The Bulk-Boundary Correspondence

One of my original plans for this blog was to try and explain my own papers to a general audience. There are already three new papers out there for which I have not begun to do this, the first of which concerns ‘Majorana bound states’ and the ‘bulk-boundary correspondence’. (The other two are here and here.) For certain kinds of system these two things are expected to be intimately connected, and the paper looks into some of the details of exactly when we can expect this. It turns out that this really depends on the specifics of what one means by Majoranas. Here, in the first of several blogs, I want to start to explain some of these concepts a little.
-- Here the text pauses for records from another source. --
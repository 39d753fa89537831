//! A live desk from its beginning to what it writes at the end.
ghost use Rattle.std.specs.Prelude.{◌≡◌, [], Ok, IfOk};
ghost use Rattle.mp_commands.specs.Names.{present};
ghost use Rattle.mp_commands.specs.Desks.{outcome_text};
ghost use Rattle.mp_commands.specs.live.LiveDesks.{EndsWith, IsLiveDesk};

use crate::command_runs::RunFault;
use crate::live::seat_scribe::SeatScribe;
use crate::live::talk_faults::fault_of_talk;
use crate::meeting_faults::fault_of_meeting;
use crate::outcome_lines::put_outcome;
use mp_desk::{EditKeeper, KeptSession};
use mp_meeting::DeskOutcome;
use mp_phase::Crew;
use mp_seats::{HostFault, Hosted, Pipes, TalkFault};
use mp_streams::{Out, Sink, Source};
use mp_text::LineReader;
use mp_version::EditSession;
use std::sync::Wait;
use std::thread::Threads;

/// What a live desk leads to.
#[derive(Drop)]
pub struct LiveOutcome<S: EditSession, K: EditKeeper> {
    /// The session after all accepted edits.
    pub session: S,
    /// What keeps its edits.
    pub keeper: K,
    /// How the run ended: with a fault of the lines of whoever ran the desk, or of what is written at the end.
    pub ended: Result<(), RunFault>,
}

/// Serves those who come to the pipes on a session, each of whose edits is kept, and answers the lines of whoever runs the desk meanwhile. Then it writes what `desk` writes, if
/// these lines ended well. `BadCount` comes if there are too many seats, `OutOfMemory` if memory runs out, and `NoPlace` if there is no place for a
/// viewer or designer.
pub fn serve_live<
    R: Threads + Wait + Sync,
    S: EditSession + Send,
    K: EditKeeper + Send,
    I: Source,
    T: Sink,
>(
    rt: &R,
    pipes: &Pipes<'_>,
    kept: KeptSession<S, K>,
    scribe: SeatScribe,
    lines: &mut LineReader<I>,
    out: &mut Out<T>,
) -> Result<LiveOutcome<S, K>, RunFault>
where
    S::Prepared: Send,
    requires { out.old.held ≡ [] }
    ensures live { IfOk result (λ live. IsLiveDesk (S.story kept.session) (S.story live.session) pipes.now live.ended lines.old lines.new out.old out.new) }
    ensures kept { IfOk result (λ live. K.keeps live.keeper (S.story live.session)) }
    ensures flushed { out.new.held ≡ [] }
{
    match pipes.host(rt, kept, scribe, lines, out) {
        Ok(hosted) => Ok(closed(hosted, scribe.crew, out)),
        Err(fault) => Err(fault_of_host(fault)),
    }
}

/// What a desk that was served leads to, once what `desk` writes is written.
fn closed<S: EditSession, K: EditKeeper, T: Sink>(
    hosted: Hosted<S, K>,
    crew: Crew,
    out: &mut Out<T>,
) -> LiveOutcome<S, K>
    requires { out.old.held ≡ [] }
    ensures session { (result.session ≡ hosted.outcome.session) × (result.keeper ≡ hosted.keeper) }
    ensures ends { EndsWith hosted.talked result.ended out.old out.new (outcome_text hosted.outcome.tallies.items hosted.outcome.numbers.items (present (S.story hosted.outcome.session))) }
    ensures flushed { out.new.held ≡ [] }
{
    let Hosted {
        outcome,
        keeper,
        talked,
    } = hosted;
    let ended = close(talked, &outcome, crew, out);
    let DeskOutcome { session, .. } = outcome;
    LiveOutcome {
        session,
        keeper,
        ended,
    }
}

/// Writes what `desk` writes, if the lines of whoever ran the desk ended well.
fn close<S: EditSession, T: Sink>(
    talked: Result<(), TalkFault>,
    outcome: &DeskOutcome<S>,
    crew: Crew,
    out: &mut Out<T>,
) -> Result<(), RunFault>
    requires { out.old.held ≡ [] }
    ensures ends { EndsWith talked result out.old out.new (outcome_text outcome.now.tallies.items outcome.now.numbers.items (present (S.story outcome.now.session))) }
    ensures flushed { out.new.held ≡ [] }
{
    match talked {
        Ok(()) => put_closing(out, outcome, crew),
        Err(fault) => Err(fault_of_talk(fault)),
    }
}

/// Writes what `desk` writes, and passes it on to the sink. `WriteFailed` comes with a fault of the sink.
fn put_closing<S: EditSession, T: Sink>(
    out: &mut Out<T>,
    outcome: &DeskOutcome<S>,
    crew: Crew,
) -> Result<(), RunFault>
    ensures ends { EndsWith (Ok tt) result out.old out.new (outcome_text outcome.now.tallies.items outcome.now.numbers.items (present (S.story outcome.now.session))) }
    ensures flushed { out.new.held ≡ [] }
{
    put_outcome(out, outcome, crew)?;
    out.flush()?;
    Ok(())
}

/// The fault of a run whose desk wasn't served.
fn fault_of_host(fault: HostFault) -> RunFault {
    match fault {
        HostFault::BadSize => RunFault::BadCount,
        HostFault::Meeting(fault) => fault_of_meeting(fault),
    }
}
The bulk-boundary correspondence is a relation between the bulk properties of a material, by which I mean how a large chunk of it behaves overall, and the possible existence of special particles that on the surface. In fact it says under certain conditions they must exist on the surface, no matter what you do to the surface. To understand how this might work let us consider a simpler system than the one we will turn to shortly. The system we will consider is known to exhibit what is called the quantum Hall effect. Let us imagine we have a two dimensional material in which some of the electrons are free to move around. If we apply a magnetic field perpendicular to the material, then the electrons want to form ‘cyclotron orbits’ around the direction of the field. This is just part of the strange way that charged particles and magnetic fields interact, see figure 1. The size of the radius of the orbit depends on the strength of the magnetic field, and in a material it will also depend on the material properties. Going back to our two dimensional material we have not one, but many electrons moving around in the magnetic field. They will try and set up motion that we can think of as being like in figure 2, with all of them circling around in little orbits. The actual size of the orbits will depend on the strength of the magnetic field, the material parameters, and so on.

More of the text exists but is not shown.